Vector Databases for Beginners
A vector database stores embeddings and answers ‘find me the most similar one’ queries in milliseconds. That’s the entire pitch. Here is when you actually need one.
What a vector database stores
A vector database stores high-dimensional vectors of floating-point numbers, alongside optional metadata. Each vector represents an embedding of some content: a paragraph, an image, an audio clip. The database’s headline trick is finding the vectors closest to a query vector, fast.
You’ll see vectors of 384, 768, 1536, or 3072 dimensions in 2025, depending on the embedding model that produced them. The database doesn’t care what the numbers mean, only how to find vectors close to a target by cosine similarity or Euclidean distance.
Why a regular database doesn’t work
Postgres and friends are built for exact matches and range queries. They aren’t built for “find me the 10 rows whose 1,536-dimensional vector is closest to this query vector by cosine distance.”
You could compute cosine similarity in SQL, but on a million rows it would take seconds per query. Vector databases use approximate nearest neighbour (ANN) indices like HNSW, IVF, or scalar quantization to bring that down to single-digit milliseconds with about 95-99% recall.
The tradeoff: ANN is approximate. You won’t always get the exact 10 nearest neighbours; you’ll get 10 of the top ~30 nearest. For semantic search, that’s usually fine.
The three operations you’ll use
Vector databases are simpler than relational ones. Most workloads use just three operations:
- Upsert: insert a vector with an ID and metadata. If the ID already exists, replace it.
- Query: given a vector and a top-K, return the K nearest stored vectors (with their metadata and similarity scores). Usually with optional metadata filters.
- Delete: remove a vector by ID.
That’s 95% of vector-database usage. There’s no JOIN, no GROUP BY, no transactions in the relational sense.
Popular options
Four worth knowing in 2025:
- Pinecone: managed-only, fast, expensive at scale. Strong choice for early-stage teams that don’t want to run infrastructure.
- Weaviate: open-source, can self-host or use managed. Good metadata filtering and built-in hybrid search.
- Chroma: open-source, embed-in-process. Designed to start as a Python library and grow into a server. Great for prototyping.
- pgvector: a Postgres extension. If you already run Postgres, you can add vector search without standing up a new service. Good for <10M vectors; specialised stores beat it at higher scale.
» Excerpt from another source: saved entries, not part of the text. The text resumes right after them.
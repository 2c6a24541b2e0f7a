// Which registers are needed of whom.
ghost use Rattle.std.specs.Prelude.{◌≡◌, ◌<◌, ◌≤◌, false, true, IfOk, length, slice_index_or, slice_set};
ghost use Rattle.low_ir.specs.Places.{machine_registers};
ghost use Rattle.image_frames.specs.Registers.{holds};
ghost use Rattle.image_frames.specs.Needs.{outline_at, asks, spread_sites, spread, needing};

use super::sites::Site;
use super::walks::Outline;
use std::alloc::Global;
use wcc_base::Memory;

/// Whether a function gets an argument in a register.
#[tactic(auto, using(crate::proofs::KeptLemmas::passed_past))]
fn is_passed(outlines: &[Outline], function: usize, register: usize) -> bool
    requires { register < machine_registers }
    ensures { result ≡ holds (outline_at outlines.now function).passed register }
{
    if function < outlines.len() {
        let outline = &outlines[function];
        outline.passed[register]
    } else {
        false
    }
}

/// Whether a call asks of the callee that a register comes back.
fn asks(outlines: &[Outline], register: usize, needed: bool, saved: bool, site: &Site) -> bool
    requires { register < machine_registers }
    ensures { result ≡ asks outlines.now register needed saved site.now }
{
    if site.keeps(register as u32) && !is_passed(outlines, site.callee(), register) {
        return true;
    }
    needed && !saved
}

#[tactic(auto, using(crate::proofs::KeptLemmas::set_past))]
fn need(needs: &mut [bool], function: usize)
    ensures { needs.new ≡ slice_set needs.old function true }
{
    if function < needs.len() {
        needs[function] = true;
    }
}

fn spread_sites(
    needs: &mut [bool],
    outlines: &[Outline],
    register: usize,
    needed: bool,
    saved: bool,
    sites: &[Site],
)
    requires { register < machine_registers }
    ensures { needs.new ≡ spread_sites outlines.now register needed saved sites.now needs.old }
{
    for site in sites {
        if asks(outlines, register, needed, saved, site) {
            need(needs, site.callee());
        }
    }
}

fn is_needed(needs: &[bool], function: usize) -> bool
    ensures { result ≡ slice_index_or needs.now function false }
{
    match needs.get(function) {
        Some(needed) => *needed,
        None => false,
    }
}

/// Spreads the needs of a function to those that it calls.
fn spread_from(needs: &mut [bool], outlines: &[Outline], register: usize, function: usize)
    requires register { register < machine_registers }
    requires function { function < length outlines.now }
    ensures { needs.new ≡ spread_sites outlines.now register (slice_index_or needs.old function false) (holds (outline_at outlines.now function).written register) (outline_at outlines.now function).sites needs.old }
{
    let needed = is_needed(needs, function);
    let outline = &outlines[function];
    let written = outline.written[register];
    spread_sites(
        needs,
        outlines,
        register,
        needed,
        written,
        outline.sites.as_slice(),
    );
}

/// Spreads the needs of the first functions to those that they call, from the last of them on.
fn spread(needs: &mut [bool], outlines: &[Outline], register: usize, functions: usize)
    requires register { register < machine_registers }
    requires functions { functions ≤ length outlines.now }
    ensures { needs.new ≡ spread outlines.now register functions needs.old }
{
    let mut left = functions;
    while left > 0 {
        left -= 1;
        spread_from(needs, outlines, register, left);
    }
}

/// By function, whether those that wait for it need what a register holds: from callers to callees, which
/// have lower numbers.
pub fn needing(alloc: Global, outlines: &[Outline], register: usize) -> Result<Vec<bool>, Memory>
    requires { register < machine_registers }
    ensures { IfOk result (λ needs. needs.items ≡ needing outlines.now register) }
{
    let mut needs = vec![in alloc; false; outlines.len()]?;
    spread(&mut needs, outlines, register, outlines.len());
    Ok(needs)
}
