// The rows of a table file: state, output bits in declared order, next states.
use std::io;
use std::io::Print;

// The bits of the outputs, first declared lowest; `-` where there are none.
fn bits(to: &impl Print, outputs: u32, count: u32) -> io::Result<()> {
    if count == 0 {
        print!(to; " -")?;
    }
    let mut rest = outputs;
    for _ in 0..count {
        let bit = rest % 2;
        print!(to; " {bit}")?;
        rest /= 2;
    }
    Ok(())
}

fn outputs_of(file: &[u8], state: u32) -> u32 {
    match stepper::outputs(file, state) {
        Ok(stands) => stands.outputs,
        Err(_) => 0,
    }
}

// The next states, input by input up to the first that the table does not have.
fn nexts(to: &impl Print, file: &[u8], state: u32) -> io::Result<()> {
    for input in 0..64 {
        let Ok(stands) = stepper::step(file, state, input) else {
            break;
        };
        let next = stands.state;
        print!(to; " {next}")?;
    }
    Ok(())
}

fn counted(to: &impl Print, file: &[u8], outputs: u32, states: u32) -> io::Result<()> {
    for state in 0..states {
        print!(to; "{state}")?;
        bits(to, outputs_of(file, state), outputs)?;
        nexts(to, file, state)?;
        println!(to; "")?;
    }
    Ok(())
}

pub fn all(to: &impl Print, file: &[u8]) -> io::Result<()> {
    match reader::open(file) {
        Ok(sizes) => counted(to, file, sizes.outputs, sizes.states),
        Err(refusal) => to.println(refusal),
    }
}
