// The lines of a listing: the heading from the source, the rows from the table file.
#![tactic(auto)]

use std::io;
use std::io::Print;
use words::kinds;

mod names;
mod rows;

pub fn listing(to: &impl Print, source: &[u8], file: &[u8], states: u32) -> io::Result<()> {
    print!(to; "machine")?;
    names::own(to, source)?;
    print!(to; "\ninputs")?;
    names::declared(to, source, kinds::INPUT)?;
    print!(to; "\noutputs")?;
    names::declared(to, source, kinds::OUTPUT)?;
    println!(to; "\nstates {states}")?;
    rows::all(to, file)
}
Pinecone is fastest to ship. pgvector is cheapest if you have Postgres. Chroma is best for laptop-scale prototyping. Weaviate is the strongest middle ground for self-hosted production.
The metadata-filter gotcha
The first real-world surprise: queries usually combine vector similarity with metadata filters. “Find documents similar to this query, where status = published and language = en.”
How the database handles this matters a lot. Two strategies:
- Pre-filter: filter by metadata first, then do similarity search on the smaller subset. Fast when the filter is selective.
- Post-filter: do similarity search across everything, then drop results that don’t match the filter. Fast when the filter passes most rows.
Some vector databases pre-filter only; others post-filter only; the best ones choose adaptively. Read the docs before you commit. A poor strategy choice can turn a 5ms query into a 5-second one.
When you actually need one
You probably don’t need a vector database under 10,000 vectors. A flat file, computed in-memory at query time, will give you accurate top-K in milliseconds. The complexity of running a vector database isn’t justified at that scale.
You probably do need one above ~100,000 vectors, especially if you query frequently. Below that, the operational simplicity of in-memory search wins.
Between 10K and 100K, it depends on query rate and metadata complexity. Add up the engineering cost of running another service vs the latency benefit, and pick the one that hurts less.
The biggest mistake teams make is reaching for Pinecone on day one for an MVP that has 800 documents. Start with a flat file. Move to a database when you actually feel the pain.